AMD Vega 10, Vega 11, Vega 12 and Vega 20 Rumors and Discussion

Of course I was refererring to the turbo mode, hence "maximum load".

Another interesting question to ponder would be, when Nvidia (or AMD, for that matter) sees the HPC/AI market as sufficiently large enough for the **100 chips to no longer require graphics specific assets like rasterizers and texture mapping units. GP100 already has not seen much use outside of professional products, mainly Tesla and a bit of Quadro. At least the TMUs are still part of GV100 and since it is partitioned in GPCs, it seems like a safe bet that the rasterizer parts are still on board as well.


That is a good question, but well normally they adress too different market than pure accelerators, but maybe in future.

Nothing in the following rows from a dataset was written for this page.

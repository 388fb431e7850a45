// Replies: a refusal, or what was done; a call's answer with the desk after it; and what a transfer leaves of its LUN.
ghost use Rattle.std.specs.Prelude.{◌≡◌, ◌<◌};
ghost use Rattle.numbers.specs.Numbers.{lun_count};
ghost use Rattle.luns.specs.Luns.{moved_to};
ghost use Rattle.luns.specs.declared.Place.TheVariants.{At};
ghost use Rattle.desk.specs.Desk.{lun_at, put_lun};
ghost use Rattle.desk.specs.Code.Opened.{refused_by, done_by};
ghost use Rattle.desk.specs.declared.Report.TheVariants.{Moved};

use crate::{Answer, Desk, Reply, Report};
use luns::Place;
use work::{Refusal, Transfer};

impl Reply {
    /// A refusal, with the desk as it was.
    pub fn refused(why: Refusal, desk: Desk) -> Reply
        ensures { result ≡ refused_by why desk }
    {
        Reply {
            answer: Err(why),
            desk,
        }
    }

    /// Done, with its report and the desk after it.
    pub fn done(report: Report, desk: Desk) -> Reply
        ensures { result ≡ done_by report desk }
    {
        Reply {
            answer: Ok(report),
            desk,
        }
    }
}

impl Desk {
    /// This answer, with the desk.
    pub(crate) fn reply(self, answer: Answer) -> Reply
        ensures answer { result.answer ≡ answer }
        ensures desk { result.desk ≡ self }
    {
        Reply { answer, desk: self }
    }

    // A transfer: the LUN moves to what was moved. The place is written here, and `set_lun` is for the calls that seat, free or rewind a LUN.
    pub(crate) fn settle(&mut self, lun: u32, t: Transfer) -> Report
        requires { lun < lun_count }
        ensures report { result ≡ Moved t.bytes }
        ensures desk { self.new ≡ put_lun self.old lun (moved_to (At t.from t.count) (lun_at self.old lun)) }
    {
        let (i, n) = (t.from, t.count);
        // Stays: `as`: usize has no From<u32>, and it holds them all.
        let at = lun as usize;
        self.luns[at] = self.luns[at].moved_to(Place::At { i, n });
        Report::Moved(t.bytes)
    }
}
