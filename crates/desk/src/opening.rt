// The first rules of calls, tried once for all of them: volume and desk are judged, then caller and LUN, and of transfers mode and
// selector.
ghost use Rattle.std.specs.Prelude.{◌≡◌};
ghost use Rattle.desk.specs.Desk.{state};
ghost use Rattle.desk.specs.Code.Opened.{begun_of, suits, aimed_at, opened_of};

use crate::Desk;
use files::check::locate_sound;
use luns::fits::fits;
use luns::places::{placeless, target};
use luns::{Lun, Mode};
use volume::locate::Layout;
use volume::mount::Volume;
use work::Refusal;

/// What a transfer aims at: the volume's layout, the directory slot of its file, and the record or sector.
#[derive(Clone, Copy)]
pub struct Aim {
    pub p: Layout,
    pub slot: usize,
    pub i: usize,
}

// Whether a mode reads, or writes.
fn suits(mode: Mode, writing: bool) -> bool
    ensures { result ≡ suits writing mode }
{
    if writing { mode.writes() } else { mode.reads() }
}

// Of the LUN u on a volume of layout p: $82, or what the selector names.
#[tactic(auto, using(lists::proofs::Steps::bool_steps), unfolding(crate::specs::Code::Opened::aimed_at, work::specs::Refusals::ruled))]
fn aim_at(p: Layout, u: Lun, sel: u32, num: u32, writing: bool) -> Result<Aim, Refusal>
    ensures { result ≡ aimed_at p u sel num writing }
{
    if !suits(u.mode, writing) || placeless(sel, u.place) {
        return Err(Refusal::BadRequest);
    }
    Ok(Aim {
        p,
        // Stays: `as`: usize has no From<u32>, and it holds them all.
        slot: u.slot as usize,
        i: target(sel, num, u.place),
    })
}

impl Desk {
    // Judges the whole volume and the desk, and then refuses a caller or a LUN that is not fine.
    pub(crate) fn begin(&self, image: &[u8], fine: bool) -> Result<Layout, Refusal>
        ensures { result ≡ begun_of (state image.now self.now) fine }
    {
        let Some(p) = locate_sound(image) else {
            return Err(Refusal::NotSound);
        };
        if !fits(&Volume { img: image, p }, &self.luns) {
            return Err(Refusal::NotSound);
        }
        if !fine {
            return Err(Refusal::BadLun);
        }
        Ok(p)
    }

    // What all transfers share.
    pub(crate) fn open(
        &self,
        image: &[u8],
        caller: u32,
        lun: u32,
        sel: u32,
        num: u32,
        writing: bool,
    ) -> Result<Aim, Refusal>
        ensures { result ≡ opened_of writing (state image.now self.now) caller lun sel num }
    {
        let p = self.begin(image, self.mine(caller, lun))?;
        aim_at(p, self.lun(lun), sel, num, writing)
    }
}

For the GP100, well the main reason, was really HBM2, not much praticable for Nvidia to use it outside Tesla at this time. Question of cost and availability.
 
At least the TMUs are still part of GV100 and since it is partitioned in GPCs, it seems like a safe bet that the rasterizer parts are still on board as well.
yes they are
This is a domain specific chip, said Jonah Alben, senior vice president of GPU engineering at Nvidia. “This chip can run games very well if we want it to, but the focus [of the V100] is to be a great chip for AI and for HPC, so we dedicated all the resources we could until it was illegal to do more.”
source: https://www.hpcwire.com/2017/05/10/nvidias-mammoth-volta-gpu-aims-high-ai-hpc/
 
This AMD slide deck from 2016 Q1 was posted earlier in the Ryzen thread but the last slide is also relevant to this thread.

RgwB9p6.jpg


What interests me are the "NextGen MCM" and "NextGen High-Perf MXM" boxes. I assume that the latter became Vega 20 or some Navi chip, for a few reasons:
  • The 2018 timeframe and the Capsaicin roadmap placing Navi in 2018 (although Navi seems to be in 2019 now).
  • "NextGen" maybe refers to a post-Polaris architecture?
  • The low end of Vega 20's planned TDP range intersects with the TDPs of desktop Tonga and Polaris 10 based cards. (The E8950 uses Tonga and Hontza presumably uses Polaris 10. While embedded GPU have different TDPs from desktop/server GPUs, I'm assuming that if two chips end up in cards with similar TDPs on the desktop/server then the same can be true in embedded.)
But what about the former?
  • It's too small for Vega 10.
  • It seems to be too small for Vega 11 given slides and rumors.
  • It's too large for Polaris 12, unless the RX 550 does not use a fully enabled Polaris 12 or if the chip changed since that slide. (Not to mention the "NextGen.")
Any thoughts?

EDIT: uploaded the last slide on imgur.
 
Last edited:
FWIW, golem.de claims, that the interposer is indeed two separte ones.
https://www.golem.de/news/nvidias-g...mit-des-technisch-moeglichen-1705-127773.html
The relevant passage for your google translate pleasure:
"Der Interposer, auf welchem der GV100 und die vier HDM2-Speicherstapel sitzen, sprengt die Dimensionen der Maske (Reticle), weshalb zwei benötigt werden."
Or, if you take my (deliberately literal) word for it:
"The Interposer on which the GV100 and the four HDM2-stacks sit, blows the dimensions of the reticle so that two are required."
From the grammatical structure, two would refer to reticles. It could be a a word omission though:
-> "…weshalb zwei Belichtungsdurchgänge benötigt werden."
-> "… so that two exposures are required".
To clarify, I believe Marc Sauter was in the same meeting I was in when I asked an NV engineer that question. The answer is definitely one interposer with two exposures, and not two separate interposers.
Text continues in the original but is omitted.